> _MATERIAL PROVIDED_
┄┄┄┄┄┄

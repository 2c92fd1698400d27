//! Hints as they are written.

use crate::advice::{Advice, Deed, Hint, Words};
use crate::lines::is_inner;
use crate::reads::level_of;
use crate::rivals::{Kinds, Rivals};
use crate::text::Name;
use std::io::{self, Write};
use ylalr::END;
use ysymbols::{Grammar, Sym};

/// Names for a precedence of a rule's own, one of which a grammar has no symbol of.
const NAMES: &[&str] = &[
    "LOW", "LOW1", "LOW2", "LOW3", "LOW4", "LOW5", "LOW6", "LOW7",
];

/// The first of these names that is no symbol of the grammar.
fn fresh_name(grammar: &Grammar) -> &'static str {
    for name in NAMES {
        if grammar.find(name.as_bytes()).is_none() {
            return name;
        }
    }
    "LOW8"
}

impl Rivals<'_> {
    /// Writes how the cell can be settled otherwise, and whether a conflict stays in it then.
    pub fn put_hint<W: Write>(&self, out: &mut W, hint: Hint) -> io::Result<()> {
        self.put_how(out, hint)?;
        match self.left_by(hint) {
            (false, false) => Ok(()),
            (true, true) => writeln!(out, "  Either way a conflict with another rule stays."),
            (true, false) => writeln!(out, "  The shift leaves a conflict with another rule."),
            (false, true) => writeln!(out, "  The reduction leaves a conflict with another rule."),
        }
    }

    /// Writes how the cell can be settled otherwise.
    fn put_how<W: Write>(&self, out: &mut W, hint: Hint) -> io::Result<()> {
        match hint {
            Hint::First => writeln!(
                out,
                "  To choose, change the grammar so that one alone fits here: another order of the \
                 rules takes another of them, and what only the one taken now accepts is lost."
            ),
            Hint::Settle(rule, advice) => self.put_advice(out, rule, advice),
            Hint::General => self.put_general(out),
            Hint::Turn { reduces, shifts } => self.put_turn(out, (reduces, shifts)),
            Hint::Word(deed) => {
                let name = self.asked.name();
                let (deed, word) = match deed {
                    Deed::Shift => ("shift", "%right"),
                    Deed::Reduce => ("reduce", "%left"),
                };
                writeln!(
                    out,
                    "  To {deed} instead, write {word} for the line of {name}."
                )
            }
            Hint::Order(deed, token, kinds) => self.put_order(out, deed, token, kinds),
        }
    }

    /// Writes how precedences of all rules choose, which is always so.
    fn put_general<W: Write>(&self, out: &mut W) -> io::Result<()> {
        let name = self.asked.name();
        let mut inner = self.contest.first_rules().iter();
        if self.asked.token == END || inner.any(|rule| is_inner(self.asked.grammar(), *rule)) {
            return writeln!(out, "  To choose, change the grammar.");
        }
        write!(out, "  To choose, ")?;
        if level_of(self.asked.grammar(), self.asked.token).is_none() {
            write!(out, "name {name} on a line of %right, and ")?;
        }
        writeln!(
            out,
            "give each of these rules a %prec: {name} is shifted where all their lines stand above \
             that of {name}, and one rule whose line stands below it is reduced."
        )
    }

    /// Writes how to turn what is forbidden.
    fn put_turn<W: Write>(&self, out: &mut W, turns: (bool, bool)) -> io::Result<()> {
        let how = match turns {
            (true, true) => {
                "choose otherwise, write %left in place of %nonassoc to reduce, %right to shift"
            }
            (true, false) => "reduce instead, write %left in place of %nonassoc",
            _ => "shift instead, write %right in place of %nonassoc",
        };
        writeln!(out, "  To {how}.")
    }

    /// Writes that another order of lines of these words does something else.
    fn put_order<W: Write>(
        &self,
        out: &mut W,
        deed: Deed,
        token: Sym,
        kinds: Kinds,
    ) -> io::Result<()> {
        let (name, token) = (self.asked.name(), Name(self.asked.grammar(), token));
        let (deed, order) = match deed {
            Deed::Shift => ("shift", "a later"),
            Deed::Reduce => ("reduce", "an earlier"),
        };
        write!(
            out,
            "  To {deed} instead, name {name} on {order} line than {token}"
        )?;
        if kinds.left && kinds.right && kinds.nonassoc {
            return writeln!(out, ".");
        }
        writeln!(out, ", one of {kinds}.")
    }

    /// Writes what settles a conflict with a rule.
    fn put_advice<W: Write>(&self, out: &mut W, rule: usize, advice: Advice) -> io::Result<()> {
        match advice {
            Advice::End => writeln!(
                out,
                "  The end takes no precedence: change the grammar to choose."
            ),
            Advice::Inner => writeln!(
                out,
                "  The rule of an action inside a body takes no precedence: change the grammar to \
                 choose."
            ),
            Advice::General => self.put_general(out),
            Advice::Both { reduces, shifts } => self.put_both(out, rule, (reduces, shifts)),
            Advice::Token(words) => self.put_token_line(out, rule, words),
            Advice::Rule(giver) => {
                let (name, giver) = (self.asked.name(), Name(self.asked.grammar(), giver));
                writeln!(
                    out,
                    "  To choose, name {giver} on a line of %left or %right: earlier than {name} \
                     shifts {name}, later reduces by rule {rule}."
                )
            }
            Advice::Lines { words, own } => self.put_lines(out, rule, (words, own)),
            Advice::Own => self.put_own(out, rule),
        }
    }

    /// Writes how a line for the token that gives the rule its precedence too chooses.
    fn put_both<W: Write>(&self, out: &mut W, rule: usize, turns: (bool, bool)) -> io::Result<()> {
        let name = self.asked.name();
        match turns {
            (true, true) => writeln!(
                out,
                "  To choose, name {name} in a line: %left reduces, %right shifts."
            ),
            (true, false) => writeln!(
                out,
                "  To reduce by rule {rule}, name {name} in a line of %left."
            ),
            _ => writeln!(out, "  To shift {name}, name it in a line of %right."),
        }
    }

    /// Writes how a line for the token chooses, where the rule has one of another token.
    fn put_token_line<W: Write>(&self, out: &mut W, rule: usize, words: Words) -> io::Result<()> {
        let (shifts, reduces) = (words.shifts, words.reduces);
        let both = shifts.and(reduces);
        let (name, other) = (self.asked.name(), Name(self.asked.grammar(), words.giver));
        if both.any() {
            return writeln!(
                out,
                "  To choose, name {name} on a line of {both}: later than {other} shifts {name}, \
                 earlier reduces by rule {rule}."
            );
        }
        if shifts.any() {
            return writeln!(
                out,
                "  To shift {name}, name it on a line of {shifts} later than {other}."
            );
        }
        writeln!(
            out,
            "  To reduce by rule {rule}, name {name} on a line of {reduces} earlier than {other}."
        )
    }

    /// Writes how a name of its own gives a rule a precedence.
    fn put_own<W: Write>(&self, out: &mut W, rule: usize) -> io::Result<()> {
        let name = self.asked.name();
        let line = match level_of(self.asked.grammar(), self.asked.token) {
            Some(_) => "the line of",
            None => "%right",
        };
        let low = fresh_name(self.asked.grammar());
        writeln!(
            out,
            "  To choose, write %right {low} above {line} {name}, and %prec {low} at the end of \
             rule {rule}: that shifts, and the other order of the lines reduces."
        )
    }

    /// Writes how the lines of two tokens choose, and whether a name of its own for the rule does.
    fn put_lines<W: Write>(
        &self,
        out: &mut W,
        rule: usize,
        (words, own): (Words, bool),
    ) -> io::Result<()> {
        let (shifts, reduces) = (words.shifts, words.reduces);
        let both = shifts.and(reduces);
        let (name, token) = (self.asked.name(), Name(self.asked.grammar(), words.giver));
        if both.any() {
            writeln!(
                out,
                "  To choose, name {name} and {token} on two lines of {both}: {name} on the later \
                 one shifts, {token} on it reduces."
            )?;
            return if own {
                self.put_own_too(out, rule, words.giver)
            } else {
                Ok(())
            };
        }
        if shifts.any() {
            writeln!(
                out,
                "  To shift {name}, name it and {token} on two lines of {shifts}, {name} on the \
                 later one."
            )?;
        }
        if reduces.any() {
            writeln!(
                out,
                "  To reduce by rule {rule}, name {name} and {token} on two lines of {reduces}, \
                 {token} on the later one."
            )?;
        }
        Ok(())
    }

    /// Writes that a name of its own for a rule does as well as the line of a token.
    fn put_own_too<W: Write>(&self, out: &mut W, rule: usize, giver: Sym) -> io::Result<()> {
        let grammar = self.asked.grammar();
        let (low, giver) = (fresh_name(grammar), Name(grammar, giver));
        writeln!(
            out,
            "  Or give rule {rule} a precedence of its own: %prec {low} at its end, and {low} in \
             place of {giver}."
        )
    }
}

┄┄┄┄┄┄

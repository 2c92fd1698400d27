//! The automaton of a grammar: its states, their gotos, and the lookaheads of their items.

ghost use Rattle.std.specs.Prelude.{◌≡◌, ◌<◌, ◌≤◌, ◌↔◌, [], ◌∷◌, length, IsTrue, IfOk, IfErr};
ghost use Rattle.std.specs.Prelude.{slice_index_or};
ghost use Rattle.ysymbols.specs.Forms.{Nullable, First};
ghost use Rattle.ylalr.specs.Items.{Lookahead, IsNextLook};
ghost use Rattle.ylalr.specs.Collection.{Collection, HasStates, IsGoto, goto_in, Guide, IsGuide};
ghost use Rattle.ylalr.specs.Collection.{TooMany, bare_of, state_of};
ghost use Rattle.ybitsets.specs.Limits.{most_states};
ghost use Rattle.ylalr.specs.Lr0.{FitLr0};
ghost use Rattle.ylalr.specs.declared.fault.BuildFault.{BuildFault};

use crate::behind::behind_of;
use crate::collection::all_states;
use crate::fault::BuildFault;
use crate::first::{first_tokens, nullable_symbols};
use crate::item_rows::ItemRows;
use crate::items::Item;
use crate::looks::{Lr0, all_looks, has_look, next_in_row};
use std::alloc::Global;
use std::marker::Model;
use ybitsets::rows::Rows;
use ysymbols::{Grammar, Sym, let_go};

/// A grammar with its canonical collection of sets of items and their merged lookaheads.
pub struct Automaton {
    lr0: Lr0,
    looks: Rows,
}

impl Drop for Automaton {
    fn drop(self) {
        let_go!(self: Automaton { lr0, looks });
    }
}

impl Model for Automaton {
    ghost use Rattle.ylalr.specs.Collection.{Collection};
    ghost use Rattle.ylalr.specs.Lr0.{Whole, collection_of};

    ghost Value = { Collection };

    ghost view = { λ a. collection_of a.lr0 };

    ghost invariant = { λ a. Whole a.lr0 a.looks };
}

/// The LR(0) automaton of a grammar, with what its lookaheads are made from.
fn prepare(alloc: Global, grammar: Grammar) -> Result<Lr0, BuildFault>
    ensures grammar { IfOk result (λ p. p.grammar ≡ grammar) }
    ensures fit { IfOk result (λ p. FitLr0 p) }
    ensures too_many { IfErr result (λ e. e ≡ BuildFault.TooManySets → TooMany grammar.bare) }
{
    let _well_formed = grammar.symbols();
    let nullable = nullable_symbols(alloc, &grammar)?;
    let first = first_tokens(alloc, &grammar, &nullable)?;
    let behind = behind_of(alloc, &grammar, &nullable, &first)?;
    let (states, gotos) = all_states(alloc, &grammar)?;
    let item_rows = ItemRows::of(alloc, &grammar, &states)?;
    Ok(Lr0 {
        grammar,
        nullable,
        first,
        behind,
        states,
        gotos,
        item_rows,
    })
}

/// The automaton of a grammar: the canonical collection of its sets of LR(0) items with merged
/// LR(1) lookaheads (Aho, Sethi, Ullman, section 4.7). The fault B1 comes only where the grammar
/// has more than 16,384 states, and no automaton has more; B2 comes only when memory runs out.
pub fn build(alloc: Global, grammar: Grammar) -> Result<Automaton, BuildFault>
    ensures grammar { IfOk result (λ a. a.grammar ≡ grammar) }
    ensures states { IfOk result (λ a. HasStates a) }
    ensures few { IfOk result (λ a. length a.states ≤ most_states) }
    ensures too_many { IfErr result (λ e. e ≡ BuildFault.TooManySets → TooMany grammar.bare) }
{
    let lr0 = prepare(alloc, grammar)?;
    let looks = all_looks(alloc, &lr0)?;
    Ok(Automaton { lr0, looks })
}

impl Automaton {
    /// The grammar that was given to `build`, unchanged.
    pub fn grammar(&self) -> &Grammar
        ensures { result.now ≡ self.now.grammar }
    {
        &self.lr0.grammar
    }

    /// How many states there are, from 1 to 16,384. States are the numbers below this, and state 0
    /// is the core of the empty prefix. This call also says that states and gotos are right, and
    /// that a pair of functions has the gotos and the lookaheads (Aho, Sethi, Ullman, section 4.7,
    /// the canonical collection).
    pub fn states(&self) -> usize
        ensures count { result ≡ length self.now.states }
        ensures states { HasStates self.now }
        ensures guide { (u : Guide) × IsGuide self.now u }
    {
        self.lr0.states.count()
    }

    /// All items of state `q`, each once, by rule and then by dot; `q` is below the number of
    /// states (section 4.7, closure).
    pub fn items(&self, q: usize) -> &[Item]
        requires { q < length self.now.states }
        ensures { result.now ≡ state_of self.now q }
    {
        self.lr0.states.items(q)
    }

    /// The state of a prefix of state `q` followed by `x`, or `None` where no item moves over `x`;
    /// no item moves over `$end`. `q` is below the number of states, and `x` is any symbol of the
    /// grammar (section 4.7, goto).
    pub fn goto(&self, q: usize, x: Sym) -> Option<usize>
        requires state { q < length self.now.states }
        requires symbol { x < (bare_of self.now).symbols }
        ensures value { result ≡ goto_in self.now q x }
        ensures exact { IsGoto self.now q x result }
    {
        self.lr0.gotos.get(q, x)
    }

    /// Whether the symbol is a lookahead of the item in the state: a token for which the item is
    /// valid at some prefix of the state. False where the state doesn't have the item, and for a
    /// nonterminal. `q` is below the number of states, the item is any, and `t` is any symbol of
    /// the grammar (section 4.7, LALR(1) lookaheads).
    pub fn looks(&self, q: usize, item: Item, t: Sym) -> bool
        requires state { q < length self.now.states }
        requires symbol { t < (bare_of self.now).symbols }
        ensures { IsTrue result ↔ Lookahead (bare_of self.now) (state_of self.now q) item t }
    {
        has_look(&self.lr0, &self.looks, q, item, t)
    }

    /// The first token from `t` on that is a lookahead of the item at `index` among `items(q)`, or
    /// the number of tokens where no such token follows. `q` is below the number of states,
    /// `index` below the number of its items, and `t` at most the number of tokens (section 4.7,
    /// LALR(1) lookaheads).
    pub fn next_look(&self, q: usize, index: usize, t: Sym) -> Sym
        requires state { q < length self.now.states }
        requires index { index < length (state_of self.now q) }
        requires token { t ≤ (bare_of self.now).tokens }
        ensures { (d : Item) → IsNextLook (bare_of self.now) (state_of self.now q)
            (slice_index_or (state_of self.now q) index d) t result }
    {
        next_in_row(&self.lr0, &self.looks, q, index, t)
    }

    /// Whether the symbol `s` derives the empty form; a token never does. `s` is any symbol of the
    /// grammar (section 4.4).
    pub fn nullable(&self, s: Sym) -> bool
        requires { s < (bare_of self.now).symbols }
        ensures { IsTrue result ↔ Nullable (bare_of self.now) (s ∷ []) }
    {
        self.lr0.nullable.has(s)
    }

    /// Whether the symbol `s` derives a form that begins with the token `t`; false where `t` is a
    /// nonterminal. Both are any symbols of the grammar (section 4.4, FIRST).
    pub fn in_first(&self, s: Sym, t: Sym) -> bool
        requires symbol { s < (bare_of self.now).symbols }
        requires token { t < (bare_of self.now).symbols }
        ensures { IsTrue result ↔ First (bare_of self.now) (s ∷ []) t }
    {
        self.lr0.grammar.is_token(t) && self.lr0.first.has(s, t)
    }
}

┄┄┄┄┄┄

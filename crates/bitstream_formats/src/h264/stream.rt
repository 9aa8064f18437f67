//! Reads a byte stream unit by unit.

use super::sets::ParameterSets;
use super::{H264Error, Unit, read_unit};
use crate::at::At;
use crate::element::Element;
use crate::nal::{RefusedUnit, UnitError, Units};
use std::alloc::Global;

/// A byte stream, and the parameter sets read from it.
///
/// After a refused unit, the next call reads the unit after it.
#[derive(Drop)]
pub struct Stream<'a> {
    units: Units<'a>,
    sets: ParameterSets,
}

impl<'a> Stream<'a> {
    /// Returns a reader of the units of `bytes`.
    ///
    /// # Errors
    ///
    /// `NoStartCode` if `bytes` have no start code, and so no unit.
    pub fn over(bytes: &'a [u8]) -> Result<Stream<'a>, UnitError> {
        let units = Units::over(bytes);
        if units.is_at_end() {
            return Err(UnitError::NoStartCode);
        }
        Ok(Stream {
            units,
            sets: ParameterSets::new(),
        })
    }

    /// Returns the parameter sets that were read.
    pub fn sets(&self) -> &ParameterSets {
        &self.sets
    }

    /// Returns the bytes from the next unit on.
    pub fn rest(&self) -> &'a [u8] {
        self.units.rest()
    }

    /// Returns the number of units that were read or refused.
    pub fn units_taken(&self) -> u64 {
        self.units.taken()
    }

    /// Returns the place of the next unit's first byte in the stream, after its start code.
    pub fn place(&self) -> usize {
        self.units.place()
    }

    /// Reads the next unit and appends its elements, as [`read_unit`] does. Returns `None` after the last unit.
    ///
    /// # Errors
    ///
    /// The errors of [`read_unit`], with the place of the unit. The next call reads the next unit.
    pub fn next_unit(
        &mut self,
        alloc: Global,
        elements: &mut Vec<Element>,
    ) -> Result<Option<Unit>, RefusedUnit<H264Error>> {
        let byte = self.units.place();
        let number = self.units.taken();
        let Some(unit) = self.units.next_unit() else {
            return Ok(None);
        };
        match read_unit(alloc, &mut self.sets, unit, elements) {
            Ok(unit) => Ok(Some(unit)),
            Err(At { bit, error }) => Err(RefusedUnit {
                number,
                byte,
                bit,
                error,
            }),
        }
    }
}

┄┄┄┄┄┄

Beginning at the line above with "repository 9aa8064f18437f67" and finishing at the line with "-> Result<Option<Unit>, RefusedUnit<H264Error>>", return each line exactly and return nothing else.

> _THE COMPLETED TASK_
repository 9aa8064f18437f67
//! Reads a byte stream unit by unit.

use super::sets::ParameterSets;
use super::{H264Error, Unit, read_unit};
use crate::at::At;
use crate::element::Element;
use crate::nal::{RefusedUnit, UnitError, Units};
use std::alloc::Global;

/// A byte stream, and the parameter sets read from it.
///
/// After a refused unit, the next call reads the unit after it.
#[derive(Drop)]
pub struct Stream<'a> {
    units: Units<'a>,
    sets: ParameterSets,
}

impl<'a> Stream<'a> {
    /// Returns a reader of the units of `bytes`.
    ///
    /// # Errors
    ///
    /// `NoStartCode` if `bytes` have no start code, and so no unit.
    pub fn over(bytes: &'a [u8]) -> Result<Stream<'a>, UnitError> {
        let units = Units::over(bytes);
        if units.is_at_end() {
            return Err(UnitError::NoStartCode);
        }
        Ok(Stream {
            units,
            sets: ParameterSets::new(),
        })
    }

    /// Returns the parameter sets that were read.
    pub fn sets(&self) -> &ParameterSets {
        &self.sets
    }

    /// Returns the bytes from the next unit on.
    pub fn rest(&self) -> &'a [u8] {
        self.units.rest()
    }

    /// Returns the number of units that were read or refused.
    pub fn units_taken(&self) -> u64 {
        self.units.taken()
    }

    /// Returns the place of the next unit's first byte in the stream, after its start code.
    pub fn place(&self) -> usize {
        self.units.place()
    }

    /// Reads the next unit and appends its elements, as [`read_unit`] does. Returns `None` after the last unit.
    ///
    /// # Errors
    ///
    /// The errors of [`read_unit`], with the place of the unit. The next call reads the next unit.
    pub fn next_unit(
        &mut self,
        alloc: Global,
        elements: &mut Vec<Element>,
    ) -> Result<Option<Unit>, RefusedUnit<H264Error>> {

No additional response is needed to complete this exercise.